# About this task
Find how many lines of the records below contain the word "runs" and write that number by itself.

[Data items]
*** Begin section ***

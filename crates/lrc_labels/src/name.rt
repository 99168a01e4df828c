// The names and the numbers of label lines.

ghost use Rattle.std.specs.Prelude.{◌≡◌, ◌<◌, ◌↔◌, ℕ, List, [], IsTrue, None, Some, nat_lt, true, if◌then◌else◌};
ghost use Rattle.std.specs.Char.{is_ascii_digit};
ghost use Rattle.std.specs.List.{list_all};
ghost use Rattle.std.specs.Str.Parse.{IsNumeral, digits_value};
ghost use Rattle.lrc_labels.specs.Name.{is_keyword, is_letter, is_name, is_numeral, is_word_byte};

use lrc_lang::lexer::spelling_of;
use lrc_lang::token::Keyword;
use lrc_text::read_number;

/// Every keyword.
const KEYWORDS: [Keyword; 11] = [
    Keyword::Words,
    Keyword::Locks,
    Keyword::Acquire,
    Keyword::Release,
    Keyword::Barrier,
    Keyword::Print,
    Keyword::If,
    Keyword::Else,
    Keyword::While,
    Keyword::Me,
    Keyword::Nodes,
];

/// Returns whether these bytes are a name: a word of the language that is no keyword.
pub fn is_name(bytes: &[u8]) -> bool
    ensures { result ≡ is_name bytes.now }
{
    match bytes {
        [first, rest @ ..] => is_letter(*first) && are_word_bytes(rest) && !is_keyword(bytes),
        [] => false,
    }
}

fn are_word_bytes(bytes: &[u8]) -> bool
    ensures { result ≡ list_all is_word_byte bytes.now }
{
    bytes.iter().all(|byte| is_word_byte(*byte))
}

fn is_word_byte(byte: u8) -> bool
    ensures { result ≡ is_word_byte byte }
{
    is_letter(byte) || byte.is_ascii_digit()
}

fn is_letter(byte: u8) -> bool
    ensures { result ≡ is_letter byte }
{
    byte.is_ascii_alphabetic() || byte == b'_'
}

fn is_keyword(word: &[u8]) -> bool
    ensures { result ≡ is_keyword word.now }
{
    KEYWORDS.iter().any(|keyword| spelling_of(*keyword) == word)
}

/// Returns whether these bytes are one or more decimal digits.
pub fn is_numeral(bytes: &[u8]) -> bool
    ensures { result ≡ is_numeral bytes.now }
{
    match bytes {
        [_first, ..] => are_digits(bytes),
        [] => false,
    }
}

fn are_digits(bytes: &[u8]) -> bool
    ensures { result ≡ list_all is_ascii_digit bytes.now }
{
    bytes.iter().all(|byte| byte.is_ascii_digit())
}

/// Returns the number that decimal digits write, or none if it is not below `limit`.
pub fn number_below(digits: &[u8], limit: u32) -> Option<u32>
    requires { is_numeral digits.now ≡ true }
    ensures { result ≡ (if nat_lt (digits_value 10 digits.now) limit then Some
        (digits_value 10 digits.now) else None) }
{
    match read_number(digits, u64::from(limit)) {
        Some(number) => below(number, limit),
        None => None,
    }
}

fn below(number: u64, limit: u32) -> Option<u32>
    ensures { result ≡ (if nat_lt number limit then Some number else None) }
{
    if number < u64::from(limit) {
        Some(number as u32)
    } else {
        None
    }
}
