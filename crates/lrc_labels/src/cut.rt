// Texts cut into pieces.

ghost use Rattle.std.specs.Prelude.{◌≡◌, ◌<◌, [], ◌∷◌, IfOk, IfSome, MatchOption, length, map, position};
ghost use Rattle.lrc_labels.specs.Cut.{cut, divides};

use std::alloc::{AllocError, Global};

/// Where a text is cut.
#[derive(Clone, Copy)]
pub enum Divider {
    /// At each line feed.
    LineFeed,
    /// At each space, tab and carriage return.
    Blank,
    /// At each `#`.
    Hash,
}

/// Returns the pieces of a text between its dividers, in order. It fails only if memory runs out.
pub fn cut(alloc: Global, divider: Divider, text: &[u8]) -> Result<Vec<&[u8]>, AllocError>
    ensures { IfOk result (λ pieces. map (λ piece. piece.now) pieces.items
        ≡ cut (divides divider) text.now) }
{
    let mut pieces = Vec::new(alloc);
    let mut rest = text;
    while let Some((piece, behind)) = first_piece(divider, rest) {
        pieces.push(piece)?;
        rest = behind;
    }
    pieces.push(rest)?;
    Ok(pieces)
}

// What stands in front of the first divider of a text, and what stands behind it.
fn first_piece(divider: Divider, text: &[u8]) -> Option<(&[u8], &[u8])>
    ensures { MatchOption result (cut (divides divider) text.now ≡ text.now ∷ [])
        (λ found. (cut (divides divider) text.now ≡ found.0.now ∷ cut (divides divider) found.1.now)
        × (length found.1.now < length text.now)) }
{
    match first_divider(divider, text) {
        Some(at) => Some((&text[..at], &text[at + 1..])),
        None => None,
    }
}

/// Returns the position of the first divider of a text, or none if there is none.
pub fn first_divider(divider: Divider, text: &[u8]) -> Option<usize>
    ensures place { result ≡ position (divides divider) text.now }
    ensures within { IfSome result (λ at. at < length text.now) }
{
    text.iter().position(|byte| is_divider(divider, *byte))
}

fn is_divider(divider: Divider, byte: u8) -> bool
    ensures { result ≡ divides divider byte }
{
    match divider {
        Divider::LineFeed => byte == b'\n',
        Divider::Blank => byte == b' ' || byte == b'\t' || byte == b'\r',
        Divider::Hash => byte == b'#',
    }
}
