// Label lines: where they stand in a text, and what they are made of.

ghost use Rattle.std.specs.Prelude.{◌≡◌, ◌++◌, ◌∷◌, [], IfOk, OnOk, filter, map, option_map};
ghost use Rattle.lrc_labels.specs.Line.{fields_of, has_bytes, label_line_in, line_seen};

use crate::cut::{Divider, cut, first_divider};
use std::alloc::{AllocError, Global};

/// The comment of a line, if it begins with `#:`.
#[derive(Clone, Copy)]
pub struct LabelLine<'t> {
    /// The column of the `#`, in bytes from 1.
    pub column: usize,
    /// The bytes after the `#:`.
    pub body: &'t [u8],
}

/// Returns the label line in a line of a text, or none if its comment is not one.
pub fn label_line(line: &[u8]) -> Option<LabelLine<'_>>
    ensures { option_map line_seen result ≡ label_line_in line.now }
{
    let at = first_divider(Divider::Hash, line)?;
    match &line[at + 1..] {
        [b':', body @ ..] => Some(LabelLine {
            column: at + 1,
            body,
        }),
        _ => None,
    }
}

/// Returns the pieces of a text between its blanks. It fails only if memory runs out.
pub fn fields(alloc: Global, text: &[u8]) -> Result<Vec<&[u8]>, AllocError>
    ensures { IfOk result (λ fields. map (λ field. field.now) fields.items ≡ fields_of text.now) }
{
    let pieces = cut(alloc, Divider::Blank, text)?;
    let mut fields = Vec::new(alloc);
    for piece in &pieces {
        keep(&mut fields, piece)?;
    }
    Ok(fields)
}

// Keeps a piece that is not empty.
fn keep<'t>(fields: &mut Vec<&'t [u8]>, piece: &'t [u8]) -> Result<(), AllocError>
    ensures { OnOk result (map (λ field. field.now) fields.new.items
        ≡ map (λ field. field.now) fields.old.items ++ filter has_bytes (piece.entry.now ∷ [])) }
{
    match piece {
        [] => Ok(()),
        [_first, ..] => {
            fields.push(piece)?;
            Ok(())
        }
    }
}
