// Labels, and why a label line says nothing.

/// What a label names.
#[derive(Clone, Copy)]
pub enum Target {
    /// `word W NAME`: this word.
    Word(u32),
    /// `words W V NAME`: the words from the first to the last.
    Words(u32, u32),
    /// `lock K NAME`: this lock.
    Lock(u8),
    /// `locks K M NAME`: the locks from the first to the last.
    Locks(u8, u8),
}

/// A name for words or for locks. The name is given by the bytes of the text that spell it.
#[derive(Drop)]
pub struct Label<'t> {
    pub target: Target,
    pub name: &'t [u8],
    /// The sizes of an array by rows, without the first; none if an element has one index, or none.
    pub sizes: Vec<u32>,
}

/// Why a label line has no effect. The first reason that applies is given.
#[derive(Clone, Copy, PartialEq, Eq)]
pub enum Reason {
    /// It has none of the forms, or its sizes do not divide its words or locks into rows.
    AnotherForm,
    /// A word is not below the number of words, or the first word is above the last.
    NoSuchWord,
    /// A lock is not below the number of locks, or the first lock is above the last.
    NoSuchLock,
    /// An earlier label already names one of its words.
    WordTaken,
    /// An earlier label already names one of its locks.
    LockTaken,
    /// An earlier label already has its name.
    NameTaken,
}

/// A label line without effect: its line, counted from 1, the column of its `#`, in bytes from 1, and the reason.
#[derive(Clone, Copy)]
pub struct IdleLabel {
    pub line: usize,
    pub column: usize,
    pub reason: Reason,
}

/// The label lines of a text.
#[derive(Drop)]
pub struct Labels<'t> {
    /// The labels, in the order of the text.
    pub said: Vec<Label<'t>>,
    /// The label lines without effect, in the order of the text.
    pub idle: Vec<IdleLabel>,
}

*** End section ***

# Exercise result
2